Question for you. Why is it OK for audit committee members to be selected and paid by management? Why is it OK that they are paid in the stock of the Companies that they govern? Considering the fact that the SEC has such disdain for the slightest perception of a lack of independence on the part of the auditors that report “directly” to the Audit Committees, it is odd that the governing body can be owners of the company as well. [By the way, let’s be real, management hires the auditors. The audit committees just accept it.]


Time to jump in – These questions feel rhetorical but I’ll take a stab at answering them anyway. If you look at a brief history of audit committees, you’ll see that the idea goes back nearly as far as the Securities and Exchange Acts of ’33 and ’34, first being endorsed by the NYSE in 1939. The SEC first made the recommendation that public companies compose their audit committees of independent directors in 1972. That was followed by the NYSE’s requirement for audit committee members to be independent in 1977. What does all this mean? Basically, it appears that it’s okay that management selects and pays audit committee members because it’s always been done that way. Similarly, it’s okay to pay them in stock because companies have always issued shares to directors, regardless of their respective committees. As far as who “hires” the auditors, our source has a better frame of reference than I but this probably varies from company to company. While many companies have audit committees that have no problem throwing their weight around, there are others whose members probably couldn’t find cash on a balance sheet.

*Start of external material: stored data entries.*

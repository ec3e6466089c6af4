// The arrays that a monitor is lent, and its state as text.
ghost use Rattle.std.specs.Prelude.{◌≤◌, length};

use hex_lines::spaced;
use monitor::{Buffers, PacketAnswer};
use refusal::Refusal;
use std::fmt;

// How many bytes the origin has.
pub const ROOM: usize = 517;

// How many elements of each array are lent.
#[derive(Clone, Copy, PartialEq, Eq)]
pub struct Parts {
    pub numbers: usize,
    pub facts: usize,
    pub valuation: usize,
    pub verdicts: usize,
    pub origin: usize,
    ghost fits: { (numbers ≤ 8) × (facts ≤ 16) × (valuation ≤ 16) × (verdicts ≤ 8) × (origin ≤ 517) },
}

// The parts that a policy of one component, four minutes and one rule needs, by its lines.
pub fn parts_of(lines: usize) -> Parts
    requires { lines ≤ 4 }
{
    Parts {
        numbers: 5,
        facts: 8,
        valuation: lines * 4,
        verdicts: 4,
        origin: ROOM,
    }
}

#[derive(Clone, Copy, PartialEq, Eq)]
pub struct Memory {
    pub parts: Parts,
    pub numbers: [u16; 8],
    pub facts: [u32; 16],
    pub valuation: [u8; 16],
    pub verdicts: [u8; 8],
    pub origin: [u8; ROOM],
    pub extent: u16,
}

impl Memory {
    // Arrays that hold 9 everywhere: what they held before an opening doesn't matter.
    pub fn new(parts: Parts) -> Memory {
        Memory {
            parts,
            numbers: [9; 8],
            facts: [9; 16],
            valuation: [9; 16],
            verdicts: [9; 8],
            origin: [9; ROOM],
            extent: 9,
        }
    }

    // The parts that are lent.
    fn buffers(&mut self) -> Buffers<'_> {
        let Memory {
            parts,
            numbers,
            facts,
            valuation,
            verdicts,
            origin,
            extent,
        } = self;
        Buffers {
            numbers: &mut numbers[..parts.numbers],
            facts: &mut facts[..parts.facts],
            valuation: &mut valuation[..parts.valuation],
            verdicts: &mut verdicts[..parts.verdicts],
            origin: &mut origin[..parts.origin],
            extent,
        }
    }

    pub fn open(&mut self, policy: &[u8]) -> Result<(), Refusal> {
        monitor_calls::open(policy, self.buffers())
    }

    pub fn receive(&mut self, policy: &[u8], message: &[u8]) -> Result<usize, Refusal> {
        monitor_calls::receive(policy, message, self.buffers())
    }

    pub fn receive_packet(&mut self, policy: &[u8], packet: &[u8]) -> PacketAnswer {
        monitor_calls::receive_packet(policy, packet, self.buffers())
    }
}

// A line for each array: the sequence numbers, 65535 for one that is not known; for each minute the known propositions and their values; the two
// sheets; and the length of the policy that the state was opened under, with the origin's bytes up to the last that is not 0.
impl fmt::Display for Memory {
    fn fmt<W: fmt::Write>(&self, f: &mut fmt::Formatter<W>) -> fmt::Result {
        let parts = self.parts;
        let origin = &self.origin[..parts.origin];
        let used = match origin.iter().rposition(|byte| *byte != 0) {
            Some(last) => &origin[..=last],
            None => &[],
        };
        writeln!(f, "  numbers{}", spaced(&self.numbers[..parts.numbers]))?;
        writeln!(f, "  facts{}", spaced(&self.facts[..parts.facts]))?;
        writeln!(
            f,
            "  valuation{}",
            spaced(&self.valuation[..parts.valuation])
        )?;
        writeln!(f, "  verdicts{}", spaced(&self.verdicts[..parts.verdicts]))?;
        writeln!(f, "  origin {}:{}", self.extent, spaced(used))
    }
}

Anyway, our source has some ideas:

If the regulators want to create a TRUE independent structure, why not create an Audit Committee Oversight Board (or the ACOB), and pay these members in shares of a Mutual Fund that’s tied to the overall performance of the stock market? Audit Committee members should be overseen by the SEC – perhaps indirectly by this ACOB. Now – this would empower the Committees, empower the auditors even further, and empower the shareholders of Companies with the knowledge that the Audit Committees were truly independent of management. This would be a stunning show of real governance in corporate America. Wouldn’t this be a true step toward preventing further financial crashes in America? What do you and your readers think?

I like the progressive ideas presented but if there’s one thing I’ve learned from the massive amount of media I’ve consumed in the last 2+ years, it’s this – the ideal regulation and what it politically feasible are often miles apart and in the process of reconciling those differences, the final product is not at all what was intended. The SEC (who hasn’t exactly been on top of their game the last few years) is already fighting for every nickel and no amount of litigation releases will get representatives like Darrell Issa to back down from cutting their budget. Thus, a regulatory agency with shaky credibility has an uphill battle.

So would an Audit Committee Oversight Board, compensation changes and other reforms to the process be a “true step toward preventing further financial crashes”? Maybe. But as long as “fiscal responsibility” continues to be a political talking point, the SEC won’t have the ability to suggest reforms until we have another crisis and chances are, they’ll be the scapegoats…again.